The secret Ramsey uncovers is so unlikely, so paranoid, that some readers will be inclined to reject it as a flight of fancy, an overheated metaphor from someone still smarting over being picked last in gym. But it is precisely that tendency to trivialize childhood suffering that makes the novel's central metaphor so potent. Only by entering the nightmare world of conspiracy and brutality that Crisp conjures can we come to recognize that its intensity is nothing less than an accurate reflection of how cruelty and authority function in the minds of children. When witnessing what many would dismiss as boys-will-be-boys naughtiness, Ramsey aptly notes, "I knew that what I was witnessing was as brutal as any mugging or gang rape." Likewise, the adult behavior that Crisp postulates is no harsher than that which is authorized under the dubious rubric of "toughening children up."

I can hardly deny that "Remember You're a One-Ball!" is often an unpleasant book to read. Ramsey, as much a product of the system the novel is indicting as any other character, is often difficult to like, very prone to self-pity, and his sense of moral superiority, however justified, can be infuriating. His social awkwardness, and the victimization he and others suffer, is so well-evoked as to be heart-breaking. The novel's climax, which is simultaneously a powerful symbol and a visceral reality, is highly disturbing. But Crisp is so adept a writer that I never felt unnecessarily brutalized. Difficult subjects require difficult reading.

Crisp is particularly good with the overwhelming power of visual stimuli and the force of memory. From the almost primal image that launches his strange, strained romantic relationship to the simple yet haunting descriptions of a neighborhood both changed and unchanged by term, his prose propelled me along, so that I finished a 270 page novel in about two and a half hours. The following passage, slightly modified to prevent unnecessary plot revelations, is typical:

"I had no idea why, but looking at [it], I began to experience a kind of rising up as from remote regions inside, or perhaps outside of myself, of a whole array of poignant feelings which, although I fear it is misleading, I am compelled to call nostalgic. On the tide of feelings were borne scraps of images and other fragments. I thought of Norman with his knees drawn up to his head, wrapped up in his coat. "Leave me alone-- I'm hibernating!" Within the coat was the warmth of blood, red and glowing. Debris stirred in the liquid and with them came the smell of pencil shavings wrapping around me and blurring the world into a leaden haze. The haze was a tunnel that led back to some ancient time where boys were playing with conkers and girls were skipping to their skipping rhymes. There was a chant, an absurd and menacing chant. All I heard was the word "remember" bullying in my head over and over. I was as alone as this hand in my pocket. A hand in my pocket. Hibernating. For years. Down the haze of the leaden tunnel to focus upon one small object."

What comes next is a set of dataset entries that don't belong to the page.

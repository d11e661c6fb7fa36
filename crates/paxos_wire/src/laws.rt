//! Laws of frames.

ghost use Rattle.std.specs.Prelude.{◌≡◌, ◌≤◌, List, ℕ, ◌++◌, length, Ok};
ghost use Rattle.slot_log.specs.declared.command.Command.{Command};
ghost use Rattle.paxos_wire.specs.declared.ballot.Ballot.{Ballot};
ghost use Rattle.paxos_wire.specs.declared.message.Message.{Message};
ghost use Rattle.paxos_wire.specs.declared.message.Message.TheVariants.{Accept, Accepted};
ghost use Rattle.paxos_wire.specs.Fits.{IsMessage, IsSingle, IsOld, HasCommands, most_bytes};
ghost use Rattle.paxos_wire.specs.Spelling.{frame, old_frame, IsText};
ghost use Rattle.paxos_wire.specs.Faults.{reading};

use crate::limits::{MOST_FRAME, MOST_RUN_FRAME, MOST_SINGLE_FRAME};

/// What is encoded decodes to the message: reading a message's frame gives that message.
pub fn frames_read_back()
    ensures { (m : Message) → IsMessage m → reading (frame m) ≡ Ok m }
{}

/// What was encoded in the old version decodes to the message too.
pub fn old_frames_read_back()
    ensures { (m : Message) → IsMessage m → IsOld m → reading (old_frame m) ≡ Ok m }
{}

/// No frame begins another one, of either version, so the frames of a stream are told apart.
pub fn frames_are_told_apart()
    ensures { (m n : Message) (x y a b : List ℕ) → IsMessage m → IsMessage n → IsText m x → IsText n y → x ++ a ≡ y ++ b → (m ≡ n) × (a ≡ b) }
{}

/// What is read of an Accept or an Accepted has 1 to 64 commands.
pub fn readings_have_commands()
    ensures { (bytes : List ℕ) (m : Message) → reading bytes ≡ Ok m → HasCommands m }
{}

/// A frame takes 2576 bytes at most, and 47 where it is of one command or none: so much room is enough for it. That of an
/// Accept or an Accepted takes 31 at most for each of its commands, and 16 more, so 2000 at most.
pub fn frames_are_short()
    ensures each { (m : Message) → IsMessage m → length (frame m) ≤ MOST_FRAME }
    ensures single { (m : Message) → IsMessage m → IsSingle m → length (frame m) ≤ MOST_SINGLE_FRAME }
    ensures kind { (m : Message) → IsMessage m → length (frame m) ≤ most_bytes m }
    ensures runs { (ballot : Ballot) (slot : ℕ) (commands : List Command) → IsMessage (Accept ballot slot commands)
        → (length (frame (Accept ballot slot commands)) ≤ MOST_RUN_FRAME) × (length (frame (Accepted ballot slot commands)) ≤ MOST_RUN_FRAME) }
{}
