ghost use Rattle.std.specs.Prelude.{◌≡◌, ◌<◌, ◌≤◌, ◌+◌, ◌++◌, ◌↔◌, ℕ, [], List, length, drop, Some, Ok, IsNone, IfSome, IfOk, IfErr, OnOk, OnErr};
ghost use Rattle.paxos_wire.specs.declared.message.Message.{Message};
ghost use Rattle.paxos_wire.specs.Fits.{IsMessage};
ghost use Rattle.paxos_wire.specs.Faults.{reading};
ghost use Rattle.paxos_wire.specs.Stream.{needed, IsPartial, IsInFront, IsFaulty, Takes};

use crate::fault::FrameFault;
use crate::limits::{LEAST_LENGTH, LENGTH_BYTES, MOST_LENGTH};
use crate::message::Message;
use crate::message_room::MessageRoom;
use crate::read_frames::message_of_frame;
use byte_queue::ByteQueue;
use byteorder::{BigEndian, ByteOrder};
use std::alloc::{AllocError, Global};
use std::marker::Model;

/// Takes a stream of frames of either version in any pieces, and gives its messages in order, and then its first fault.
///
/// Contracts see the bytes that it took and that don't belong to a message given yet, and how many more bytes may
/// come without taking memory.
#[derive(Drop)]
pub struct Feed {
    queue: ByteQueue,
    fault: Option<FrameFault>,
}

impl Model for Feed {
    ghost use Rattle.byte_queue.specs.Queued.{Queued};

    ghost Value = { Queued };

    ghost use Rattle.paxos_wire.specs.FeedInside.{IsKept};

    ghost view = { λ f. f.queue };

    ghost invariant = { IsKept };
}

/// Where the frame in front ends, or the length that no frame may have; `None` while it isn't whole.
#[tactic(auto, unfolding(crate::specs::Stream::needed))]
fn front_end(bytes: &[u8]) -> Option<usize>
    ensures partial { IsNone result ↔ IsPartial bytes.now }
    ensures end { IfSome result (λ end. end ≡ needed bytes.now) }
    ensures there { IfSome result (λ end. end ≤ length bytes.now) }
{
    if bytes.len() < LENGTH_BYTES {
        return None;
    }
    let length = BigEndian::read_u32(bytes) as usize;
    let end = if LEAST_LENGTH <= length && length <= MOST_LENGTH {
        LENGTH_BYTES + length
    } else {
        LENGTH_BYTES
    };
    if bytes.len() < end { None } else { Some(end) }
}

/// What stands in front, and how many bytes of it there are; `None` while it isn't whole. A message's lists stand in the
/// room.
fn frame_in_front<'a>(
    bytes: &[u8],
    room: &'a mut MessageRoom,
) -> Option<(Result<Message<'a>, FrameFault>, usize)>
    ensures partial { IsNone result ↔ IsPartial bytes.now }
    ensures end { IfSome result (λ x. x.1 ≤ length bytes.now) }
    ensures found { IfSome result (λ x. IfOk x.0 (λ m. IsMessage m × IsInFront m bytes.now (drop x.1 bytes.now))) }
    ensures only { (m : Message) (rest : List ℕ) → IsMessage m → IsInFront m bytes.now rest → IfSome result (λ x. (x.0 ≡ Ok m) × (drop x.1 bytes.now ≡ rest)) }
    ensures fault { IfSome result (λ x. IfErr x.0 (λ f. IsFaulty bytes.now f)) }
{
    let end = front_end(bytes)?;
    let read = message_of_frame(&bytes[..end], room);
    Some((read, end))
}

impl Feed {
    /// A feed that was given nothing. Takes no memory.
    pub fn new(alloc: Global) -> Feed
        ensures { result.waiting ≡ [] }
    {
        Feed {
            queue: ByteQueue::new(alloc),
            fault: None,
        }
    }

    /// Takes the next piece of the stream, of any length; a stream at fault takes no more. An `Err` changes nothing;
    /// it comes only where `reserve` would have to take memory.
    pub fn feed(&mut self, piece: &[u8]) -> Result<(), AllocError>
        ensures ok { OnOk result (Takes self.old.waiting piece.now self.new.waiting) }
        ensures room { self.old.room ≤ self.new.room + length piece.now }
        ensures err { OnErr result (self.new ≡ self.old) }
        // It fails only where the room is missing.
        ensures full { OnErr result (self.old.room < length piece.now) }
    {
        if self.fault.is_some() {
            return Ok(());
        }
        self.queue.push(piece)
    }

    /// Makes room for so many bytes more, so that `feed_reserved` takes no memory for them. An `Err` changes nothing.
    pub fn reserve(&mut self, more: usize) -> Result<(), AllocError>
        ensures ok { OnOk result (more ≤ self.new.room) }
        ensures waiting { self.new.waiting ≡ self.old.waiting }
        ensures room { self.old.room ≤ self.new.room }
        ensures err { OnErr result (self.new ≡ self.old) }
        // It fails only where the room is missing.
        ensures full { OnErr result (self.old.room < more) }
    {
        self.queue.reserve(more)
    }

    /// Takes the next piece of the stream into room that was reserved for it; a stream at fault takes no more.
    pub fn feed_reserved(&mut self, piece: &[u8])
        requires { length piece.now ≤ self.old.room }
        ensures takes { Takes self.old.waiting piece.now self.new.waiting }
        ensures room { self.old.room ≤ self.new.room + length piece.now }
    {
        if self.fault.is_some() {
            return;
        }
        self.queue.push_reserved(piece);
    }

    /// The next message, whose lists stand in the room, or the fault in front (50 to 54), told again from then on.
    ///
    /// `None` where what is there is neither a whole frame nor at fault. A length below 2 or above 4096 is a
    /// fault as soon as its four bytes are there, the others once the frame is whole.
    pub fn next<'a>(&mut self, room: &'a mut MessageRoom) -> Option<Result<Message<'a>, FrameFault>>
        // It waits just where the frame isn't whole.
        ensures partial { IsNone result ↔ IsPartial self.old.waiting }
        ensures waits { IsNone result → self.new ≡ self.old }
        // What it gives stood in front, and the bytes behind it stay.
        ensures found { IfSome result (λ read. IfOk read (λ m. IsMessage m × IsInFront m self.old.waiting self.new.waiting)) }
        // The message of which a text stands in front is given.
        ensures only { (m : Message) (rest : List ℕ) → IsMessage m → IsInFront m self.old.waiting rest → (result ≡ Some (Ok m)) × (self.new.waiting ≡ rest) }
        // A fault is the first of what stands in front, and everything stays.
        ensures fault { IfSome result (λ read. IfErr read (λ f. IsFaulty self.old.waiting f × (self.new ≡ self.old))) }
        ensures room { self.old.room ≤ self.new.room }
    {
        if let Some(fault) = self.fault {
            return Some(Err(fault));
        }
        let Some((read, end)) = frame_in_front(self.queue.waiting(), room) else {
            return None;
        };
        match read {
            Ok(message) => {
                self.queue.skip(end);
                Some(Ok(message))
            }
            Err(fault) => {
                self.fault = Some(fault);
                Some(Err(fault))
            }
        }
    }
}
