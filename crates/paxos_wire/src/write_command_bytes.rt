//! Commands, written behind other bytes.

ghost use Rattle.std.specs.Prelude.{◌≡◌, ◌+◌, ◌≤◌, ◌++◌, length};
ghost use Rattle.std.specs.Vec.{vec_len, vec_capacity};
ghost use Rattle.std.specs.List.{flat_map, AllByRecursion};
ghost use Rattle.slot_log.specs.Range.{IsInRange};
ghost use Rattle.arrayvec.specs.ArrayVec.{array_vec_len};
ghost use Rattle.paxos_wire.specs.Fits.{IsCommand, IsDealt, AreDealt};
ghost use Rattle.paxos_wire.specs.Spelling.{action_text, deal_text, command_text};

use crate::limits::MOST_COMMAND;
use crate::write_numbers::{push_number, push_short};
use arrayvec::ArrayVec;
use betting::Action;
use card_core::Deal;
use slot_log::Command;

/// Puts an action behind the last byte.
fn push_action(out: &mut ArrayVec<u8, MOST_COMMAND>, action: Action)
    requires { array_vec_len out.old + 5 ≤ MOST_COMMAND }
    ensures { out.new.items ≡ out.old.items ++ action_text action }
{
    let (kind, amount) = match action {
        Action::Fold => (0, 0),
        Action::Call => (1, 0),
        Action::Raise(amount) => (2, amount),
    };
    out.push(kind);
    push_number(out, amount);
}

/// Puts a deal behind the last byte.
fn push_deal(out: &mut ArrayVec<u8, MOST_COMMAND>, deal: &Deal)
    requires { array_vec_len out.old + 26 ≤ MOST_COMMAND }
    ensures items { out.new.items ≡ out.old.items ++ deal_text deal.now }
    ensures dealt { AreDealt deal.now }
{
    let cards = deal.cards();
    out.push((2 * deal.players() + 5) as u8);
    for card in cards {
        out.push(card.number());
    }
}

/// The bytes of a command: 15 to 31 for a deal, 12 for an act, 7 for a player who is away.
pub fn command_bytes(command: &Command) -> ArrayVec<u8, MOST_COMMAND>
    ensures text { result.items ≡ command_text command.now }
    ensures dealt { IsDealt command.now }
    // With numbers in their ranges it is a command of frames, since its cards are dealt: the bytes read back as it.
    ensures command { IsInRange command.now → IsCommand command.now }
{
    let mut bytes = ArrayVec::new();
    match command {
        Command::Deal { hand, deal } => {
            bytes.push(1);
            push_number(&mut bytes, *hand);
            push_deal(&mut bytes, deal);
        }
        Command::Act {
            hand,
            index,
            action,
        } => {
            bytes.push(2);
            push_number(&mut bytes, *hand);
            push_short(&mut bytes, *index);
            push_action(&mut bytes, *action);
        }
        Command::Away { hand, index } => {
            bytes.push(3);
            push_number(&mut bytes, *hand);
            push_short(&mut bytes, *index);
        }
    }
    bytes
}

/// Puts a command behind the last byte.
pub(crate) fn put_command(out: &mut Vec<u8>, command: &Command)
    requires { vec_len out.old + length (command_text command.now) ≤ vec_capacity out.old }
    ensures items { out.new.items ≡ out.old.items ++ command_text command.now }
    ensures capacity { vec_capacity out.old ≤ vec_capacity out.new }
    ensures dealt { IsDealt command.now }
{
    out.extend_from_slice(&command_bytes(command)).unwrap();
}

/// Puts commands behind the last byte.
pub(crate) fn put_commands(out: &mut Vec<u8>, commands: &[Command])
    requires { vec_len out.old + length (flat_map command_text commands.now) ≤ vec_capacity out.old }
    ensures items { out.new.items ≡ out.old.items ++ flat_map command_text commands.now }
    ensures capacity { vec_capacity out.old ≤ vec_capacity out.new }
    ensures dealt { AllByRecursion IsDealt commands.now }
{
    for command in commands {
        put_command(out, command);
    }
}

I fear I've only begun to capture the richness of Crisp's prose, and of his novel, which manages to encompass a number of related themes without ever drawing away from its central, darkest one. "Remember You're a One-Ball!" is both a powerful piece of dystopian horror and a literary novel of the first order, pitiless in its judgments yet blazing with compassion. It stands alongside work by acknowledged masters of dark social observation, and deserves thorough consideration by the widest possible audience. If you only read a single book I recommend this year, make it this one.